Scripps Networks Interactive acquired what it hopes will be the lynchpin in its international strategy, buying a 53% interest in Polish broadcaster, satellite TV, online and pat TV content provider TVN from ITI Group and Canal Plus Group in a deal valued at about $1.5 billion, including assumed debt.
According to Scripps, the U.S. content company will pay about $613 million in cash and assume about $882 million in TVN debt. Based in Warsaw, TVN includes a portfolio of free-to-air and pay TV lifestyle and entertainment channels including TVN, TVN 7, TVN Style, TTV, TVN Turbo and Poland’s leading 24-hour news channel (TVN 24) and business news channel (TVN 24 Biznes i Swiat).
Scripps Networks expects to close the deal early in the second half of this year. As per Polish law, Scripps will be required to tender for an additional 13% of the company at closing, ending with a 66% interest in TVN.
In a note to clients, Evercore ISI Group media analysts Vijay Jayant and David Joyce wrote that while the TVN purchase may be a little expensive, it gives Scripps an inroad in what could be a lucrative market. Poland is one of the more established TV markets in Eastern Europe – it has a population of about 39 million people, 12.9 million TV households, 89% multichannel penetration and 54% broadband penetration, according to SNL Kagan.
“Strategically, this could be an important platform for SNI to leverage its existing library, apply its current formats, and use as a springboard for further European channel expansion,” Jayant and Joyce wrote.
In a conference call with analysts, Scripps chairman and CEO Ken Lowe said TVN represents a strong growth opportunity for the programmer – Poland is one of the fastest growing TV markets in Europe.
“This deal provides Scripps with a solid presence and will be a key pillar of our international operations,” Lowe said on the conference call.
While Scripps backed off on the notion of TVN being a vehicle to roll up broadcasters in the region, the company’s programming and distribution assets – it owns a 32% stake in Poland’s leading satellite TV company nc+ and over-the-top service, TVN Player. In addition, TVN also has an in-house production arm and TVN produces 2,300 hours of original content each year.

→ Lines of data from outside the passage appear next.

// The first rule that a program breaks.

ghost use Rattle.std.specs.Prelude.{◌≡◌, None, IfOk};
ghost use Rattle.uc_rules.specs.Breaks.{breaks_of};
ghost use Rattle.uc_rules.specs.Firsts.{after};

use crate::ask::ask_program;
use crate::item::check_items;
use crate::tabled::tables_of;
use std::alloc::{AllocError, Global};
use uc_check_index::index::Index;
use uc_rules::rule::Break;
use uc_tree::program::Program;
use uc_types::found::Found;
use uc_types::tables::Tables;

// With the tables of the names and of the items.
fn first_among(alloc: Global, tables: &Tables, index: &Index) -> Result<Option<Break>, AllocError>
    requires { index.now ≡ tables.now }
    ensures { IfOk result (λ first. first ≡ after None (breaks_of tables.now)) }
{
    let mut found = Found::new();
    ask_program(tables.program(), &mut found);
    check_items(alloc, tables, index, &mut found)?;
    Ok(found.first())
}

/// The first break of a rule, where the program of these tables breaks one.
pub fn first_break_by(alloc: Global, tables: &Tables) -> Result<Option<Break>, AllocError>
    ensures { IfOk result (λ first. first ≡ after None (breaks_of tables.now)) }
{
    let index = Index::new(alloc, tables.program())?;
    let first = first_among(alloc, tables, &index);
    // Tables are dropped by name: at the end of a function they would be taken apart there, table by table.
    drop(index);
    first
}

/// The first break of a rule, where a program breaks one.
pub fn first_break(alloc: Global, program: &Program) -> Result<Option<Break>, AllocError>
    ensures { IfOk result (λ first. first ≡ after None (breaks_of program.now)) }
{
    let tables = tables_of(alloc, program)?;
    let first = first_break_by(alloc, &tables);
    drop(tables);
    first
}
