// Fields that lead back to their class.

ghost use Rattle.std.specs.Prelude.{◌≡◌, Some, slice_get};
ghost use Rattle.uc_tree.specs.Rows.{object_leads};
ghost use Rattle.uc_rules.specs.ClassBreaks.{field_object, leads_back};
ghost use Rattle.uc_layout.specs.ContainmentProgress.{flag_at};
ghost use Rattle.uc_classes.specs.Circling.{AreFields, Walks};

use crate::class::{ClassWalk, FieldList};
use uc_layout::circles::flag_at;
use uc_tree::declare::Declarator;
use uc_tree::kinds::Base;
use uc_tree::rows::FieldClass;
use uc_types::tables::Tables;

fn field_object(tables: &Tables, base: &Base, declarator: &Declarator) -> Option<FieldClass>
    ensures { result ≡ field_object tables.now base.now declarator.now }
{
    if declarator.by_ref {
        return None;
    }
    tables.sizes().object(base)
}

fn object_leads(holders: &[bool], to: usize, object: Option<FieldClass>) -> bool
    ensures { result ≡ object_leads (flag_at holders.now) to object }
{
    match object {
        Some(object) => object.class == to || flag_at(holders, object.class),
        None => false,
    }
}

/// Whether a field of a class leads back to it.
pub fn leads_back(
    tables: &Tables,
    walked: ClassWalk,
    listed: FieldList,
    index: usize,
    declarator: &Declarator,
) -> bool
    requires walks { Walks tables.now walked.home walked.class.now walked.circular
        walked.holders.now walked.bound.known walked.bound.names.now }
    requires fields { AreFields walked.class.now listed.member listed.base.now
        listed.declarators.now }
    requires there { slice_get listed.declarators.now index ≡ Some declarator.now }
    ensures { result ≡ leads_back tables.now walked.entry.home.class listed.entry.base.now
        declarator.now }
{
    if !walked.circular {
        return false;
    }
    let object = field_object(tables, listed.base, declarator);
    object_leads(walked.holders, walked.home.class, object)
}
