// The rules on initialisers.

ghost use Rattle.std.specs.Prelude.{◌≡◌, None, [], ◌∷◌, ◌++◌};
ghost use Rattle.uc_tree.specs.Expressions.{exprs_of};
ghost use Rattle.uc_rules.specs.Entities.{entity_of, expected};
ghost use Rattle.uc_rules.specs.ExpressionBreaks.{are_single};
ghost use Rattle.uc_rules.specs.ProgramVisits.{argument_env, bound_of, bound_target, field_of, home_member, init_arg_visits, init_args_visits, init_target, inits_visits, is_name, is_reference, maybe_bound_target, meant_target, origin_target};
ghost use Rattle.uc_rules.specs.Scopes.{in_argument};
ghost use Rattle.uc_rules.specs.Visits.{AtInit};
ghost use Rattle.uc_types.specs.FirstBreak.{with_visits};

use crate::ask::ask_init;
use uc_check_decl::init::{home_member, last_field, meant_field};
use uc_check_stmt::declare::{is_scalar_of, single_target};
use uc_owner::judge::note_bound;
use uc_rules::rules::{
    Bound, Entity, Expected, FieldPlace, NameMeaning, Origin, Surroundings, Target,
};
use uc_tree::class::Init;
use uc_tree::expr::{Expr, ExprForm};
use uc_tree::name::Name;
use uc_types::ask::{ask_argument, is_reference};
use uc_types::entity::expected_of;
use uc_types::expr::check_expr;
use uc_types::found::Found;
use uc_types::names::Names;

fn bound_target(by_ref: bool, entity: Entity) -> Target
    ensures { result ≡ bound_target by_ref entity }
{
    match entity {
        Entity::Place { sort } => {
            if by_ref {
                Target::Reference { sort }
            } else {
                single_target(sort)
            }
        }
        _ => Target::Unknown,
    }
}

fn maybe_bound_target(by_ref: bool, entity: Option<Entity>) -> Target
    ensures { result ≡ maybe_bound_target by_ref entity }
{
    match entity {
        Some(entity) => bound_target(by_ref, entity),
        None => Target::Unknown,
    }
}

fn origin_target(entity: Option<Entity>, origin: Origin) -> Target
    ensures { result ≡ origin_target entity origin }
{
    match origin {
        Origin::Field { by_ref, .. } => maybe_bound_target(by_ref, entity),
        _ => Target::Unknown,
    }
}

fn meant_target(meant: Option<NameMeaning>) -> Target
    ensures { result ≡ meant_target meant }
{
    match meant {
        Some(meant) => origin_target(meant.entity, meant.origin),
        None => Target::Unknown,
    }
}

fn is_name(e: &Expr) -> bool
    ensures { result ≡ is_name e.now }
{
    matches!(&e.form, ExprForm::Name { .. })
}

fn bound_of(e: &Expr, expected: Expected, field: FieldPlace) -> Bound
    ensures { result ≡ bound_of e.now expected field }
{
    Bound {
        pos: e.first_token(),
        field,
        whole: is_name(e) && is_reference(expected),
    }
}

fn in_argument(bound: Bound, around: Surroundings) -> Surroundings
    ensures { result ≡ in_argument bound around }
{
    Surroundings {
        bound: Some(bound),
        ..around
    }
}

fn enter_argument(names: &mut Names, field: Option<FieldPlace>, e: &Expr, expected: Expected)
    ensures { names.new ≡ argument_env names.old field e.now expected }
{
    match field {
        Some(field) => {
            let around = names.around();
            names.set_around(in_argument(bound_of(e, expected, field), around));
        }
        None => {}
    }
}

#[tactic(auto, using(uc_check_stmt::proofs::Joined::joining))]
fn check_init_arg(
    names: &mut Names,
    field: Option<FieldPlace>,
    e: &Expr,
    expected: Expected,
    found: &mut Found,
) -> Option<Entity>
    ensures names { names.new ≡ names.old }
    ensures entity { result ≡ entity_of names.old e.now }
    ensures breaks { found.new ≡ with_visits found.old
        (init_arg_visits names.old field e.now expected) }
{
    let around = names.around();
    enter_argument(names, field, e, expected);
    let entity = check_expr(names, e, found);
    names.set_around(around);
    let _fits = ask_argument(e.first_token(), expected, entity, found);
    note_bound(names, e, expected, found);
    entity
}

#[tactic(auto, using(uc_check_stmt::proofs::Joined::joining))]
fn check_init_args(
    names: &mut Names,
    field: Option<FieldPlace>,
    args: &[Expr],
    target: Target,
    found: &mut Found,
)
    ensures names { names.new ≡ names.old }
    ensures breaks { found.new ≡ with_visits found.old
        (init_args_visits names.old field (exprs_of args.now) target 0) }
{
    for (place, arg) in args.iter().enumerate() {
        let expected = expected_of(names.tables(), target, place);
        let _entity = check_init_arg(names, field, arg, expected, found);
    }
}

// The arguments of an initialiser; the answer is whether there is none, or one alone that is a scalar.
#[tactic(auto, using(uc_check_stmt::proofs::Joined::joining))]
fn check_values(
    names: &mut Names,
    field: Option<FieldPlace>,
    args: &[Expr],
    target: Target,
    found: &mut Found,
) -> bool
    ensures names { names.new ≡ names.old }
    ensures single { result ≡ are_single names.old (exprs_of args.now) }
    ensures breaks { found.new ≡ with_visits found.old
        (init_args_visits names.old field (exprs_of args.now) target 0) }
{
    if args.len() == 1 {
        let expected = expected_of(names.tables(), target, 0);
        let entity = check_init_arg(names, field, &args[0], expected, found);
        return is_scalar_of(entity);
    }
    check_init_args(names, field, args, target, found);
    args.is_empty()
}

// An initialiser behind others, of which `last` is the last field that they name; the answer is the field that it names.
#[tactic(auto, using(uc_check_stmt::proofs::Joined::joining))]
fn check_init(
    names: &mut Names,
    init: &Init,
    last: Option<FieldPlace>,
    found: &mut Found,
) -> Option<FieldPlace>
    ensures names { names.new ≡ names.old }
    ensures field { result ≡ field_of names.old init.now.name }
    ensures breaks { found.new ≡ with_visits found.old
        (init_args_visits names.old (field_of names.old init.now.name) init.now.args
        (init_target names.old init.now.name) 0 ++ AtInit names.old init.now last ∷ []) }
{
    let meant = home_member(names.tables(), names.around().home, &init.name);
    let field = meant_field(meant);
    let single = check_values(names, field, &init.args, meant_target(meant), found);
    ask_init(names, init, last, meant, single, found);
    field
}

/// The initialisers of a routine.
#[tactic(auto, using(uc_check_stmt::proofs::Joined::joining))]
pub fn check_inits(names: &mut Names, inits: &[Init], found: &mut Found)
    ensures names { names.new ≡ names.old }
    ensures breaks { found.new ≡ with_visits found.old (inits_visits names.old None inits.now) }
{
    let mut last = None;
    for init in inits {
        let field = check_init(names, init, last, found);
        last = last_field(last, field);
    }
}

The addition of TVN will immediately boost Scripps international scale. TVN had about $403 million in revenue in 2014, up about 4%, while adjusted cash flow increased 5% to about 184 million.
Lowe said on the conference call that after the deal is closed, the contribution to total consolidated revenue from international sources will increase nearly six-fold from about 3% to 17%. On a pro forma basis, Lowe said international will make up about one-quarter of SNI’s total business.
“This is an important step,” Lowe said. “We have frequently said we seek to invest in areas in which we see a great potential for growth. This investment represents precisely that investment philosophy.”
The Scripps Networks purchase mirrors what other content companies have done in recent years to offset declines in the domestic advertising market, especially Discovery Communications, which derives more than half of its overall revenue from outside of the U.S. While Scripps has had an international presence prior to the TVN deal – in 2011 it formed a joint venture with BBC Worldwide in the United Kingdom and its seven lifestyle brands (Food, HGTV, DIY, Travel Channel, Cooking Channel, Fine Living and Asian Food Channel) reach about 200 million homes in 180 countries – this is its biggest push into Eastern Europe.
According to Scripps, TVN is an advertising powerhouse – it secured about 33% of the ad market in Poland for its portfolio of networks as well as selling advertising for a number of other commercial broadcasters in the country.